Question

Suppose 40% of the population of pre-teens have a TV in their bedroom. If a random sample of 500 pre-teens is drawn from the population, then the probability that 44% or fewer of the pre-teens have a TV in their bedroom is

Answer 1

The probability that 44% or fewer of the pre-teens have a TV in their bedroom is 96.64%.

Explanation:

Problems of normally distributed samples are solved using the z-score formula.

In a set with mean
`\mu` and standard deviation
`\sigma`, the zscore of a measure X is given by:

`Z = (X - \mu)/(\sigma)`

The Z-score measures how many standard deviations the measure is from the mean. After finding the Z-score, we look at the z-score table and find the p-value associated with this z-score.
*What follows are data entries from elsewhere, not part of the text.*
// Puts folders through the function that the program `find` is, one after the other: a frame in each place among the pieces, several, none, a damaged one before the one that matches, frames that are longer than a piece, refusals, and files that are long or missing.
// A day file is read in pieces of 8 bytes, mostly four frames, so that the indexes are those of the file only if the pieces go on rightly. Its line is printed, and then the one that `make` gives of the same files, the day file in one piece.
#![tactic(auto)]

use files::{read_file, read_records};
use finder::{find_files, make};
use std::io;
use std::rt::Files;

// The bytes of a day file that are read at a time.
const FEW: usize = 8;

fn show(
    rt: &(impl Files + Print + Eprint),
    name: &str,
    type_name: &str,
    day_name: &str,
    path_name: &str,
    value_name: &str,
) -> io::Result<()> {
    let mut ty = [0u8; 65540];
    let mut day = [0u8; 65540];
    let mut path = [0u8; 65540];
    let mut value = [0u8; 65540];
    let mut line = [0u8; 27];
    println!(rt; "{name}")?;
    find_files(rt, type_name, day_name, path_name, value_name, FEW)?;
    let n = read_records(rt, type_name, &mut ty);
    let m = read_file(rt, day_name, &mut day);
    let p = read_records(rt, path_name, &mut path);
    let v = read_file(rt, value_name, &mut value);
    let k = make(&ty[..n], &day[..m], &path[..p], &value[..v], &mut line);
    rt.write_all(&line[..k])
}

// What `show` does of the folder of that name.
macro_rules! folder {
    ($rt:expr, $name:literal) => {
        show(
            $rt,
            $name,
            concat!($name, "/day.typ"),
            concat!($name, "/day.frames"),
            concat!($name, "/day.path"),
            concat!($name, "/day.val"),
        )
    };
}

// A frame in the first piece, in the last, and at the end of a whole one.
fn finds(rt: &(impl Files + Print + Eprint)) -> io::Result<()> {
    folder!(rt, "first")?;
    folder!(rt, "second")?;
    folder!(rt, "last-piece")?;
    folder!(rt, "whole-pieces")
}

// Two frames that match, a match of the whole frame, and frames that are longer than a piece.
fn more_finds(rt: &(impl Files + Print + Eprint)) -> io::Result<()> {
    folder!(rt, "two")?;
    folder!(rt, "whole-frame")?;
    folder!(rt, "long-frames")
}

// A damaged frame before the one that matches, in its piece and in the one before; only damaged ones.
fn damaged(rt: &(impl Files + Print + Eprint)) -> io::Result<()> {
    folder!(rt, "damaged")?;
    folder!(rt, "damaged-piece")?;
    folder!(rt, "only-damaged")
}

// No frame that matches, a path that leads nowhere, a value of another type, and no frame at all.
fn finds_none(rt: &(impl Files + Print + Eprint)) -> io::Result<()> {
    folder!(rt, "none")?;
    folder!(rt, "nowhere")?;
    folder!(rt, "other-value")?;
    folder!(rt, "no-frame")
}

// Types that are refused, and one whose frames have no bytes.
fn refuses_types(rt: &(impl Files + Print + Eprint)) -> io::Result<()> {
    folder!(rt, "bad-type")?;
    folder!(rt, "never")?;
    folder!(rt, "no-bytes")
}

// A day file and a path that are cut, each behind frames that match; the day file's length goes first.
fn refuses_lengths(rt: &(impl Files + Print + Eprint)) -> io::Result<()> {
    folder!(rt, "day-length")?;
    folder!(rt, "odd-both")?;
    folder!(rt, "odd-path")
}

// A path that is longer than its buffer, of an even and of an odd length.
fn long_paths(rt: &(impl Files + Print + Eprint)) -> io::Result<()> {
    folder!(rt, "long-path")?;
    folder!(rt, "longer-path")
}

// A type file that is missing counts as empty. Of any other `find` says it to standard error and prints no line, so that `make`'s stands alone: to it such a file is empty, and an empty path leads to the whole frame.
fn no_file(rt: &(impl Files + Print + Eprint)) -> io::Result<()> {
    folder!(rt, "no-type")?;
    folder!(rt, "no-day")?;
    folder!(rt, "no-path")?;
    folder!(rt, "no-value")
}

// All of them are.
fn no_files(rt: &(impl Files + Print + Eprint)) -> io::Result<()> {
    folder!(rt, "nothing")
}

fn main(rt: HostRuntime) -> io::Result<()> {
    finds(&rt)?;
    more_finds(&rt)?;
    damaged(&rt)?;
    finds_none(&rt)?;
    refuses_types(&rt)?;
    refuses_lengths(&rt)?;
    long_paths(&rt)?;
    no_file(&rt)?;
    no_files(&rt)
}
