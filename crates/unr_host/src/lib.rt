//! The desk over real files and the sink over a writer.
#![tactic(auto)]

mod host;

pub use host::{FileDesk, WriterSink};
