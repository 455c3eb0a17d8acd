// What the calls on volts, frames and the desk's text, and the small questions, answer to other languages: structs of plain
// numbers. The number of what came of a call stands first: document 01's, or one of the desk's own, 61 and 62.
#![tactic(auto)]

ghost use Rattle.std.specs.Prelude.{◌≡◌, Err};
ghost use Rattle.volts.specs.Promise.{numbered, turned_away};
ghost use Rattle.frame.specs.ReadPromise.{told, bare as bare_told};
ghost use Rattle.frame.specs.WritePromise.{refusal_number, counted, counts};
ghost use Rattle.desk_text.specs.Promise.{answered_told};
ghost use Rattle.c_frame_answers.specs.Answers.{traced_as, no_such_kind, counted_as, read_as, desk_as};

use desk_text::{Answered, FewLent};
use frame::{ReadRefusal, Reading, WriteRefusal};
use frame_numbers::{
    BAD_CLOCK, BAD_MESSAGE, DONE, FEW_LENT, PAST_RECORDING, QUIET, UNFINISHED, WITHOUT,
};
use symbol::Clock;
use volts::TraceRefusal;

// The check byte of some bytes.
#[repr(C)]
#[derive(Clone, Copy)]
pub struct Check {
    pub number: u32,
    pub check: u8,
}

// The symbol of an interval, by its number.
#[repr(C)]
#[derive(Clone, Copy)]
pub struct Class {
    pub number: u32,
    pub symbol: u32,
}

// Whether a clock lies in the sending windows.
#[repr(C)]
#[derive(Clone, Copy)]
pub struct Timed {
    pub number: u32,
    pub good: bool,
}

// How many words were written: 0 beside a refusal, since C has it so.
#[repr(C)]
#[derive(Clone, Copy)]
pub struct Counted {
    pub number: u32,
    pub count: usize,
}

// What reading answers. A value that the answer does not have is 0, since C has it so: include/j1850.h.
#[repr(C)]
#[derive(Clone, Copy)]
pub struct Read {
    pub number: u32,
    pub kind: u32,
    pub next: usize,
    pub opening: usize,
    pub main: usize,
    pub response: usize,
}

// What the desk answers: how many bytes of text were laid, and where the input is bad its first bad line; 0, as C has it, where
// there is none.
#[repr(C)]
#[derive(Clone, Copy)]
pub struct Desk {
    pub number: u32,
    pub line: usize,
    pub length: usize,
}

// Document 01's numbers for the refusals of a trace, which C is told.
const MANY_SAMPLES: u32 = 33;

const BAD_GATE: u32 = 34;

const UNUSABLE: u32 = 35;

// The desk's own two numbers: too little lent, and a bad input.
const LITTLE_LENT: u32 = 61;

const BAD_INPUT: u32 = 62;

// Document 01's number of why a trace is turned away.
fn trace_refused(refusal: TraceRefusal) -> u32
    ensures { numbered (Err refusal) ≡ turned_away result }
{
    match refusal {
        TraceRefusal::TooManySamples => MANY_SAMPLES,
        TraceRefusal::BadGate => BAD_GATE,
        TraceRefusal::TooFewWords => FEW_LENT,
        TraceRefusal::UnusableSample => UNUSABLE,
    }
}

// What came of a trace.
impl From<Result<usize, TraceRefusal>> for Counted {
    ghost from_gives = { λ answer counted. counted ≡ traced_as (numbered answer) };

    fn from(answer: Result<usize, TraceRefusal>) -> Counted {
        match answer {
            Ok(count) => Counted {
                number: DONE,
                count,
            },
            Err(refusal) => Counted {
                number: trace_refused(refusal),
                count: 0,
            },
        }
    }
}

// A message of a kind that there is not: a bad clock is told before it.
pub fn no_such_kind(clock: Clock) -> Counted
    ensures { result ≡ counted_as (counts (no_such_kind clock)) }
{
    let refusal = if symbol::good_clock(clock) {
        WriteRefusal::BadMessage
    } else {
        WriteRefusal::BadClock
    };
    Counted::from(Err(refusal))
}

// Document 01's number of a refusal to write.
fn refusal_number(refusal: WriteRefusal) -> u32
    ensures { result ≡ refusal_number refusal }
{
    match refusal {
        WriteRefusal::BadClock => BAD_CLOCK,
        WriteRefusal::BadMessage => BAD_MESSAGE,
        WriteRefusal::FewLentWords => FEW_LENT,
    }
}

// What came of a message.
impl From<Result<usize, WriteRefusal>> for Counted {
    ghost from_gives = { λ answer told. told ≡ counted_as (counted answer) };

    fn from(answer: Result<usize, WriteRefusal>) -> Counted {
        match answer {
            Ok(count) => Counted {
                number: DONE,
                count,
            },
            Err(refusal) => Counted {
                number: refusal_number(refusal),
                count: 0,
            },
        }
    }
}

// What reading answers.
impl From<Result<Reading, ReadRefusal>> for Read {
    ghost from_gives = { λ answer read. read ≡ read_as (told answer) };

    fn from(answer: Result<Reading, ReadRefusal>) -> Self {
        match answer {
            Ok(
                Reading::Frame {
                    lengths,
                    response,
                    opening,
                    next,
                },
            ) => Read {
                number: DONE,
                kind: frame_numbers::kind_number(response),
                next: next.0,
                opening: opening.0,
                main: lengths.main,
                response: lengths.response,
            },
            Ok(Reading::Quiet { next }) => bare(QUIET, next.0, 0),
            Ok(Reading::Unfinished { opening }) => bare(UNFINISHED, opening.0, opening.0),
            Ok(Reading::Faulty { fault, next }) => bare(
                frame_numbers::fault_number(fault),
                next.0,
                0,
            ),
            Err(ReadRefusal::PastRecording) => bare(PAST_RECORDING, 0, 0),
            Err(ReadRefusal::FewLentBytes) => bare(FEW_LENT, 0, 0),
        }
    }
}

// An answer that tells of no frame.
fn bare(number: u32, next: usize, opening: usize) -> Read
    ensures { result ≡ read_as (bare_told number next opening) }
{
    Read {
        number,
        kind: WITHOUT,
        next,
        opening,
        main: 0,
        response: 0,
    }
}

// What the desk answers.
impl From<Result<Answered, FewLent>> for Desk {
    ghost from_gives = { λ answer desk. desk ≡ desk_as (answered_told answer) };

    fn from(answer: Result<Answered, FewLent>) -> Self {
        match answer {
            Ok(Answered::Report { length }) => Desk {
                number: DONE,
                line: 0,
                length,
            },
            Ok(Answered::Refused { line, length }) => Desk {
                number: BAD_INPUT,
                line,
                length,
            },
            Err(FewLent) => Desk {
                number: LITTLE_LENT,
                line: 0,
                length: 0,
            },
        }
    }
}
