//! Length queries of encoders by the form of the text, so that both are asked in one place.
ghost use Rattle.std.specs.Prelude.{◌≡◌};
ghost use Rattle.legacy_base.specs.Encoders.{encoder_answer};
ghost use Rattle.legacy_coders.specs.Queries.{encoding_form};

use legacy_base::RawEncoder;

/// The form of the text that an encoder is asked about.
#[derive(Clone, Copy)]
pub enum TextForm {
    /// UTF-8.
    Utf8,
    /// UTF-16.
    Utf16,
}

/// Returns the encoder's answer to its length query for this many code units of the form.
#[inline(always)]
pub fn answer_of<E: RawEncoder>(encoder: &E, form: TextForm, units: usize) -> Option<usize>
    ensures { result ≡ encoder_answer (encoding_form form) (E.state encoder.now) units }
{
    match form {
        TextForm::Utf8 => encoder.max_buffer_length_from_utf8_without_replacement(units),
        TextForm::Utf16 => encoder.max_buffer_length_from_utf16_without_replacement(units),
    }
}
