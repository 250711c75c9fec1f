//! Tasks that take any coder, so that their loops are compiled for each one.
ghost use Rattle.std.specs.Prelude.{ℕ, List};
ghost use Rattle.legacy_base.specs.States.{DecoderState};
ghost use Rattle.legacy_base.specs.Encoders.{EncoderState};

use legacy_base::{RawDecoder, RawEncoder};

/// A task for a decoder of any encoding, to which `AnyDecoder::lend` lends its decoder.
pub trait DecoderTask<U> {
    /// The decoder's state before and after, the output before and after, and the result.
    ghost gives: { Self → DecoderState → DecoderState → List U → List U → ℕ → Type 0 };

    /// Does the task with a decoder, and returns the number of code units written to the output.
    fn run<D: RawDecoder>(&self, decoder: &mut D, output: &mut [U]) -> usize
        ensures { gives self.now (D.state decoder.old) (D.state decoder.new)
            output.old output.new result };
}

/// A task for an encoder of any encoding, to which `AnyEncoder::lend` lends its encoder.
pub trait EncoderTask {
    /// The encoder's state before and after, the output before and after, and the result.
    ghost gives: { Self → EncoderState → EncoderState → List ℕ → List ℕ → ℕ → Type 0 };

    /// Does the task with an encoder, and returns the number of bytes written to the output.
    fn run<E: RawEncoder>(&self, encoder: &mut E, output: &mut [u8]) -> usize
        ensures { gives self.now (E.state encoder.old) (E.state encoder.new)
            output.old output.new result };
}
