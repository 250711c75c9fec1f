//! Encoders of an encoding that is chosen when the program runs, with a list of its pairs.
ghost use Rattle.std.specs.Prelude.{◌≡◌, ◌<◌, ◌≤◌, ◌⊎◌, length, false, true, MatchOption};
ghost use Rattle.std.specs.Prelude.{◌+◌, take};
ghost use Rattle.legacy_text.specs.EncodingForm.{total_unit_count};
ghost use Rattle.legacy_base.specs.Encoders.{new_encoder, encoder_answer};
ghost use Rattle.legacy_base.specs.EncoderCalls.{EncoderCall};
ghost use Rattle.legacy_coders.specs.Lists.{has_pairs};
ghost use Rattle.legacy_coders.specs.Queries.{encoding_form};

use crate::coders::AnyEncoder;
use crate::queries::{TextForm, answer_of};
use crate::tasks::EncoderTask;
use legacy_base::{EncoderResult, RawEncoder, Source, Tables};
use legacy_chinese::{Big5Encoder, Gb18030Encoder};
use legacy_encoder_engine::cached::{CachedEncoder, PAIR_ROOM};
use legacy_encoder_engine::pair_encoder::{FillsPairs, PairEncoder};
use legacy_japanese::{CachedIso2022JpEncoder, EucJpEncoder, ShiftJisEncoder};
use legacy_korean::EucKrEncoder;

/// An encoder of any encoding of pairs, with a list of its pairs in memory that the caller lends.
#[derive(Drop)]
pub enum ListedEncoder<'a, 'b> {
    /// Of GBK and gb18030.
    Gb18030(CachedEncoder<'b, Gb18030Encoder<'a>>),
    /// Of Big5.
    Big5(CachedEncoder<'b, Big5Encoder<'a>>),
    /// Of EUC-JP.
    EucJp(CachedEncoder<'b, EucJpEncoder<'a>>),
    /// Of ISO-2022-JP.
    Iso2022Jp(CachedIso2022JpEncoder<'a, 'b>),
    /// Of Shift_JIS.
    ShiftJis(CachedEncoder<'b, ShiftJisEncoder<'a>>),
    /// Of EUC-KR.
    EucKr(CachedEncoder<'b, EucKrEncoder<'a>>),
}

/// Evaluates an expression with the encoder that a `ListedEncoder` has, and another with an encoder of ASCII and pairs.
macro_rules! match_listed {
    ($any:expr, $coder:ident => $value:expr, $by_pairs:expr) => {
        match $any {
            ListedEncoder::Gb18030($coder) => $value,
            ListedEncoder::Big5($coder) => $by_pairs,
            ListedEncoder::EucJp($coder) => $by_pairs,
            ListedEncoder::Iso2022Jp($coder) => $value,
            ListedEncoder::ShiftJis($coder) => $by_pairs,
            ListedEncoder::EucKr($coder) => $by_pairs,
        }
    };
}

/// An encoder of ASCII and pairs, with a list of its pairs.
type ListedPairEncoder<'a, 'b, C> = CachedEncoder<'b, PairEncoder<'a, C>>;

// The functions over `ListedPairEncoder` are generic over the codec, so that what these types meet
// is proved once, and not for each of the four codecs.

/// Calls an encoder of ASCII and pairs.
#[inline(always)]
fn step_pairs<C: FillsPairs, S: Source>(
    coder: &mut ListedPairEncoder<'_, '_, C>,
    src: &mut S,
    dst: &mut [u8],
    last: bool,
) -> (EncoderResult, usize)
    ensures call { EncoderCall (new_encoder (C.codec coder.old.encoder.now.tables.now.flat))
        (S.left src.old) last (length dst.old)
        (new_encoder (C.codec coder.new.encoder.now.tables.now.flat)) result.0 (S.left src.new)
        (take result.1 dst.new) }
    ensures written { result.1 ≤ length dst.new }
    ensures passed { S.passed src.new + total_unit_count S.form (S.left src.new)
        ≡ S.passed src.old + total_unit_count S.form (S.left src.old) }
{
    coder.step(src, dst, last)
}

/// Does a task with an encoder of ASCII and pairs.
#[inline(always)]
fn lend_pairs<C: FillsPairs, T: EncoderTask>(
    coder: &mut ListedPairEncoder<'_, '_, C>,
    task: &T,
    output: &mut [u8],
) -> usize
    ensures { T.gives task.now (new_encoder (C.codec coder.old.encoder.now.tables.now.flat))
        (new_encoder (C.codec coder.new.encoder.now.tables.now.flat)) output.old output.new result }
{
    task.run(coder, output)
}

/// Returns the answer of an encoder of ASCII and pairs to a length query.
#[inline(always)]
fn pairs_answer<C: FillsPairs>(
    coder: &ListedPairEncoder<'_, '_, C>,
    form: TextForm,
    units: usize,
) -> Option<usize>
    ensures { result ≡ encoder_answer (encoding_form form)
        (new_encoder (C.codec coder.now.encoder.now.tables.now.flat)) units }
{
    answer_of(coder, form, units)
}

/// Returns an encoder of ASCII and pairs with a list of its pairs in the room.
fn list_pairs<'a, 'b, C: FillsPairs>(
    encoder: &'b PairEncoder<'a, C>,
    room: &'b mut [u16],
) -> ListedPairEncoder<'a, 'b, C>
    requires { 65536 ≤ length room.old }
    ensures { new_encoder (C.codec result.encoder.now.tables.now.flat)
        ≡ new_encoder (C.codec encoder.now.tables.now.flat) }
{
    CachedEncoder::new(encoder, room).unwrap()
}

impl<'a, 'b> RawEncoder for ListedEncoder<'a, 'b> {
    ghost use Rattle.legacy_coders.specs.declared.listed.ListedEncoder.TheVariants.{Gb18030, Big5, EucJp, Iso2022Jp, ShiftJis, EucKr};

    ghost state = { elim [
      | Gb18030 coder ↦ ⟦<CachedEncoder<'static, Gb18030Encoder<'static>> as RawEncoder>⟧.state coder
      | Big5 coder ↦ ⟦<CachedEncoder<'static, Big5Encoder<'static>> as RawEncoder>⟧.state coder
      | EucJp coder ↦ ⟦<CachedEncoder<'static, EucJpEncoder<'static>> as RawEncoder>⟧.state coder
      | Iso2022Jp coder ↦ ⟦<CachedIso2022JpEncoder<'static, 'static> as RawEncoder>⟧.state coder
      | ShiftJis coder ↦ ⟦<CachedEncoder<'static, ShiftJisEncoder<'static>> as RawEncoder>⟧.state coder
      | EucKr coder ↦ ⟦<CachedEncoder<'static, EucKrEncoder<'static>> as RawEncoder>⟧.state coder
    ] };

    fn step<S: Source>(
        &mut self,
        src: &mut S,
        dst: &mut [u8],
        last: bool,
    ) -> (EncoderResult, usize) {
        match_listed!(self, coder => coder.step(src, dst, last), step_pairs(coder, src, dst, last))
    }

    fn max_buffer_length_from_utf16_without_replacement(&self, u16_length: usize) -> Option<usize> {
        self.answer(TextForm::Utf16, u16_length)
    }

    fn max_buffer_length_from_utf8_without_replacement(&self, byte_length: usize) -> Option<usize> {
        self.answer(TextForm::Utf8, byte_length)
    }
}

impl<'a, 'b> ListedEncoder<'a, 'b> {
    /// Returns an encoder that continues from `encoder` and writes what it would write.
    ///
    /// The result is `None` exactly if `room` is shorter than `PAIR_ROOM` entries or the encoding
    /// has no pairs: it is single-byte or x-user-defined. The entries of `room` may have any values
    /// before, and are overwritten.
    pub fn new(encoder: &'b AnyEncoder<'a>, room: &'b mut [u16]) -> Option<ListedEncoder<'a, 'b>>
        ensures { MatchOption result ((length room.old < 65536) ⊎ (has_pairs encoder.now ≡ false))
            (λ listed. (65536 ≤ length room.old) × (has_pairs encoder.now ≡ true)
            × (⟦<ListedEncoder<'static, 'static> as RawEncoder>⟧.state listed
            ≡ ⟦<AnyEncoder<'static> as RawEncoder>⟧.state encoder.now)) }
    {
        if room.len() < PAIR_ROOM {
            return None;
        }
        let listed = match encoder {
            AnyEncoder::Gb18030(coder) => ListedEncoder::Gb18030(list_gb18030(coder, room)),
            AnyEncoder::Big5(coder) => ListedEncoder::Big5(list_pairs(coder, room)),
            AnyEncoder::EucJp(coder) => ListedEncoder::EucJp(list_pairs(coder, room)),
            AnyEncoder::Iso2022Jp(coder) => {
                ListedEncoder::Iso2022Jp(CachedIso2022JpEncoder::new(coder, room)?)
            }
            AnyEncoder::ShiftJis(coder) => ListedEncoder::ShiftJis(list_pairs(coder, room)),
            AnyEncoder::EucKr(coder) => ListedEncoder::EucKr(list_pairs(coder, room)),
            AnyEncoder::SingleByte(_) | AnyEncoder::UserDefined(_) => return None,
        };
        Some(listed)
    }

    /// Does a task with the encoder of the encoding, for whose type the task's code is compiled.
    ///
    /// Returns what the task returns: the number of bytes that it wrote to `output`.
    #[inline(always)]
    pub fn lend<T: EncoderTask>(&mut self, task: &T, output: &mut [u8]) -> usize
        ensures { T.gives task.now (⟦<ListedEncoder<'static, 'static> as RawEncoder>⟧.state self.old)
            (⟦<ListedEncoder<'static, 'static> as RawEncoder>⟧.state self.new) output.old output.new result }
    {
        match_listed!(self, coder => task.run(coder, output), lend_pairs(coder, task, output))
    }

    /// Returns the answer to a length query.
    fn answer(&self, form: TextForm, units: usize) -> Option<usize>
        ensures { result ≡ encoder_answer (encoding_form form)
            (⟦<ListedEncoder<'static, 'static> as RawEncoder>⟧.state self.now) units }
    {
        match_listed!(self, coder => answer_of(coder, form, units), pairs_answer(coder, form, units))
    }
}

/// Returns an encoder of GBK and gb18030 with a list of its pairs in the room.
fn list_gb18030<'a, 'b>(
    encoder: &'b Gb18030Encoder<'a>,
    room: &'b mut [u16],
) -> CachedEncoder<'b, Gb18030Encoder<'a>>
    requires { 65536 ≤ length room.old }
    ensures { ⟦<CachedEncoder<'static, Gb18030Encoder<'static>> as RawEncoder>⟧.state result
        ≡ ⟦<Gb18030Encoder<'static> as RawEncoder>⟧.state encoder.now }
{
    CachedEncoder::new(encoder, room).unwrap()
}

/// Checks whether an encoder is of an encoding of pairs, so that `ListedEncoder` takes it.
pub fn has_pairs(encoder: &AnyEncoder) -> bool
    ensures { result ≡ has_pairs encoder.now }
{
    !matches!(
        encoder,
        AnyEncoder::UserDefined(_) | AnyEncoder::SingleByte(_)
    )
}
This p-value is the probability that the value of the measure is smaller than X, that is, the percentile of X. Subtracting 1 by the pvalue, we get the probability that the value of the measure is greater than X.

For a proportion p in a sample of size n, we have that
`\mu = p, \sigma = \sqrt{(p(1-p))/(n)}`

In this problem:

`\mu = 0.4, \sigma = \sqrt{(0.4*0.6)/(500)} = 0.0219`

The probability that 44% or fewer of the pre-teens have a TV in their bedroom is

This is the pvalue of Z when X = 0.44. So

`Z = (X - \mu)/(\sigma)`

`Z = (0.44 - 0.4)/(0.0219)`

`Z = 1.83`

`Z = 1.83` has a pvalue of 0.9664

The probability that 44% or fewer of the pre-teens have a TV in their bedroom is 96.64%.